А неверье грянет в душу,
Ум пойдет вослед чутью -
Смерть! Не выплывешь на сушу.
Захлестнет волна ладью.

Тот, кто верит, волны мерит
Силой тяжкого труда.
Безуспешно ищут берег
Островочки-города.

Лодки плавают, как вата,
Свет стремясь во мгле найти,
А река течет куда-то
К безднам Млечного пути.

23 февраля 1978

78-15

Данный стих - уникальное свидетельство моих юношеских "превращений в нового человека", которые осуществлялись при ритуальных переходах Окружного (Андреевского) железнодоржного моста.

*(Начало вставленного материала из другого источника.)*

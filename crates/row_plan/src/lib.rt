// Selectors prepared for one relation, and the rows that they select.
#![tactic(auto)]

ghost use Rattle.std.specs.Prelude.{◌≡◌, length};
ghost use Rattle.rows.specs.Matching.{agrees, hits};
ghost use Rattle.rows.specs.View.{selector_of, values_of, Short};
ghost use Rattle.rows.specs.Plans.{is_anything, as_wanted, wants_met, plan_hits};

use row_match::{row_matches, wants_of};
use row_terms::{term_got, term_of};
use rows::{Plan, Row, Selector, Test, Want};
use std::cmp::Ordering;
use value_order::compare::got_order;
use values::Vars;

// ---- any row will do

fn takes_any(w: Want) -> bool
    ensures { result ≡ is_anything w }
{
    w == Want::Anything
}

// No wants, where any row matches.
fn needed(wants: [Want; 4]) -> Option<[Want; 4]>
    ensures { (row : Row) → length row.cells ≡ 4 → as_wanted result row.cells ≡ wants_met wants row.cells }
{
    if wants.iter().all(|w| takes_any(*w)) {
        return None;
    }
    Some(wants)
}

fn as_wanted(wants: &Option<[Want; 4]>, row: &Row) -> bool
    ensures { result ≡ as_wanted wants.now row.now.cells }
{
    match wants {
        None => true,
        Some(wants) => row_matches(wants, row),
    }
}

// ---- the predicate, and the rows selected

// Unlike kinds are neither equal nor unequal.
fn test_holds(t: Test, o: Option<Ordering>) -> bool
    ensures { result ≡ agrees t o }
{
    match t {
        Test::Always => true,
        Test::Equal => o.is_some_and(Ordering::is_eq),
        Test::Unequal => o.is_some_and(Ordering::is_ne),
        Test::Less => o.is_some_and(Ordering::is_lt),
        Test::AtMost => o.is_some_and(Ordering::is_le),
    }
}

// A plan is made for rows of four cells, so T may have no more places; `Operands` may count more, as `Short` says.
pub fn plan_of(s: &Selector, vars: Vars) -> Plan
    requires { Short s.now.template }
    ensures { (row : Row) → length row.cells ≡ 4 → plan_hits result row ≡ hits vars (selector_of s.now) (values_of s.now.template.count row) }
{
    let template = s.template.used();
    Plan {
        wants: needed(wants_of(template, vars)),
        test: s.test,
        left: term_of(s.left, template, vars),
        right: term_of(s.right, template, vars),
    }
}

#[tactic(auto, unfolding(rows::specs::Plans::plan_hits))]
pub fn row_hits(p: &Plan, row: &Row) -> bool
    ensures { result ≡ plan_hits p.now row.now }
{
    as_wanted(&p.wants, row)
        && test_holds(
            p.test,
            got_order(term_got(p.left, row), term_got(p.right, row)),
        )
}
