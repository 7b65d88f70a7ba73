// The table of a site and name.
ghost use Rattle.std.specs.Prelude.{◌≡◌};
ghost use Rattle.std.specs.List.{position};
ghost use Rattle.nets.specs.Tables.{is_at};
ghost use Rattle.nets.specs.View.{table_of};

use crate::Table;
use values::Site;

fn is_at(t: &Table, s: Site, name: u32) -> bool
    ensures { result ≡ is_at s name (table_of t.now) }
{
    (s == t.site) & (name == t.name)
}

// The place of the table of a site and name.
pub fn find_table(tables: &[Table], s: Site, name: u32) -> Option<usize>
    ensures { result ≡ position (λ t. is_at s name (table_of t)) tables.now }
{
    tables.iter().position(|t| is_at(t, s, name))
}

За Окружным мостом в тумане
Фонарь мерцает тяжело.
По склонам гор в сухом бурьяне
Сугробы снега намело.

Змеится тропка вдоль обрыва,
Змеятся рельсы по земле.
Иду вперед. И снова живы
Мечты о детстве и тепле.

Лощина тянется отлого
К подножью сонного холма.
Звенит железная дорога,
Скрипит морозная зима.

И, словно призраки немые,
Встают дела минувших лет,
Блестят секунду, как живые,
И вдаль плывут друг другу вслед.

На сердце грустно и приятно,
Хоть много дней прошло с тех пор.
А позади в тумане внятно
Зажегся красный светофор.

28 февраля 1978

В примечаниях конца 1990-х годов к этому стиху значилось следующее:

…Но одними жалобами и вздохами делу не поможешь. Требуются меры более радикальные, - например, собраться с духом и наконец-то стать новым человеком. Едва им станешь, сразу вся жизнь наладится. Алгоритм превращения в нового человека таков. Сперва долго читаешь свои старые дневники и навеки прощаешься с темным прошлым. Затем в ненастные сумерки идешь длинным маршрутом по тем улицам и дорожкам, где гулял, бывало, в детстве, и опять вспоминаешь. Наконец, сжав кулаки и сделав каменное лицо, всходишь по лестнице на старый железнодорожный мост, повторяя про себя наиболее решительные из ранее написанных стихов. Река является рубежом; надо идти, глядя строго перед собой, не оборачиваясь и по возможности не реагируя на проносящийся рядом поезд. На той стороне уже начинается новая жизнь, но пока не войдешь в метро, оборачиваться, ясное дело, нельзя.